To discover new treatments for genetic disorders, scientists need a thorough knowledge of prior literature to determine the best gene/protein targets and the most promising drugs to test. However, biomedical literature is growing at an explosive rate and often contains conflicting information, making it increasingly time-consuming for researchers to conduct a complete and thorough review.
To address this challenge, Cole Deisseroth, a graduate student enrolled in the M.D./Ph.D. program and mentored by Drs. Huda Zoghbi and Zhandong Liu at the Jan and Duncan Neurological Research Institute (Duncan NRI) at Texas Children's Hospital and Baylor College of Medicine, led a study to generate a natural language processing (NLP) tool called PARsing ModifiErS via Article aNnotations (PARMESAN). This new tool can search for up-to-date information, assemble it into a central knowledge base, and even predict likely drugs that could correct specific protein imbalances. A description of the tool and its capabilities was published recently in the American Journal of Human Genetics.
"PARMESAN offers a wonderful opportunity for scientists to speed up the pace of their research and thus, accelerate drug discovery and development," Howard Hughes Medical Institute investigator, Dr. Huda Zoghbi, who is also the founding director of Duncan NRI and distinguished service professor at Baylor College, added.
This artificial intelligence (AI)-powered tool scans through public biomedical literature databases (PubMed and PubMed Central), to identify and rank descriptions of gene-gene and drug-gene regulatory relationships. However, what stands out about PARMESAN in particular is its ability to leverage curated information to predict undiscovered relationships.

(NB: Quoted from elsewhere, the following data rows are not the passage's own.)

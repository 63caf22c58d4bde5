//! The forms of words.

ghost use Rattle.std.specs.Prelude.{◌≡◌};
ghost use Rattle.session_run.specs.Calls.Asked.{big_form, form_of, plain_form, size_of};

use cc_names::numbers::number;
use cc_names::texts::Text;

/// The greatest size of a large session.
const SIZE_LIMIT: u64 = 1_000;

/// What the words of a call ask for.
#[derive(Clone, Copy, Debug, PartialEq, Eq)]
pub enum Form {
    /// FILE `run`: the session that the source gives, and its transcripts.
    Run,
    /// FILE `big` SEED SIZE: the large session of this seed and size, and the summary of its transcripts. The source is not read.
    Big { seed: u64, size: u32 },
    /// FILE `verify`: the record of each live object is run again, and it is told whether one is not what its record gives. The
    /// source is not read, and no row is made.
    Verify,
    /// FILE `sites`: the replies to the text of sites that the source gives. FILE is not touched.
    Sites,
}

/// The form that one word after FILE says.
fn plain_form(word: &Text) -> Option<Form>
    ensures { result ≡ plain_form word.now }
{
    if word.as_bytes() == b"run".as_slice() {
        return Some(Form::Run);
    }
    if word.as_bytes() == b"verify".as_slice() {
        return Some(Form::Verify);
    }
    if word.as_bytes() == b"sites".as_slice() {
        return Some(Form::Sites);
    }
    None
}

/// The size of a large session that a word says.
fn size_of(word: &Text) -> Option<u32>
    ensures { result ≡ size_of word.now }
{
    match number(word.as_bytes())? {
        size if 0 < size && size <= SIZE_LIMIT => Some(size as u32),
        _ => None,
    }
}

/// The form that three words after FILE say: that of a large session, with its seed and its size.
fn big_form(word: &Text, seed: &Text, size: &Text) -> Option<Form>
    ensures { result ≡ big_form word.now seed.now size.now }
{
    if word.as_bytes() != b"big".as_slice() {
        return None;
    }
    let seed = number(seed.as_bytes())?;
    let size = size_of(size)?;
    Some(Form::Big { seed, size })
}

/// The form of words: FILE `run`, FILE `verify`, FILE `sites`, or FILE `big` SEED SIZE, both in decimal digits without leading
/// zeros, the seed below 2^64 and the size from 1 to 1,000. All other words have none.
pub fn form_of(words: &[Text]) -> Option<Form>
    ensures { result ≡ form_of words.now }
{
    match words {
        [_, word] => plain_form(word),
        [_, word, seed, size] => big_form(word, seed, size),
        _ => None,
    }
}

The unique feature of PARMESAN is that it not only identifies existing gene-gene or drug-gene interactions based on the available literature but also predicts putative novel drug-gene relationships by assigning an evidence-based score to each prediction."
Dr. Zhandong Liu, Chief of Computation Sciences at Texas Children's Hospital and associate professor at Baylor College of Medicine
PARMESAN's AI algorithms analyze studies that describe the contributions of various players involved in a multistep genetic pathway. Then it assigns a weighted numerical score to each reported interaction. Interactions that are consistently and frequently reported in the literature receive higher scores, whereas interactions that are either weakly supported or appear to be contradicted between different studies are assigned lower scores.
PARMESAN currently provides predictions for more than 18,000 target genes, and benchmarking studies have suggested that the highest-scoring predictions are over 95% accurate.
"By pinpointing the most promising gene and drug interactions, this tool will allow researchers to identify the most promising drugs at a faster rate and with greater accuracy," Cole Deisseroth, said.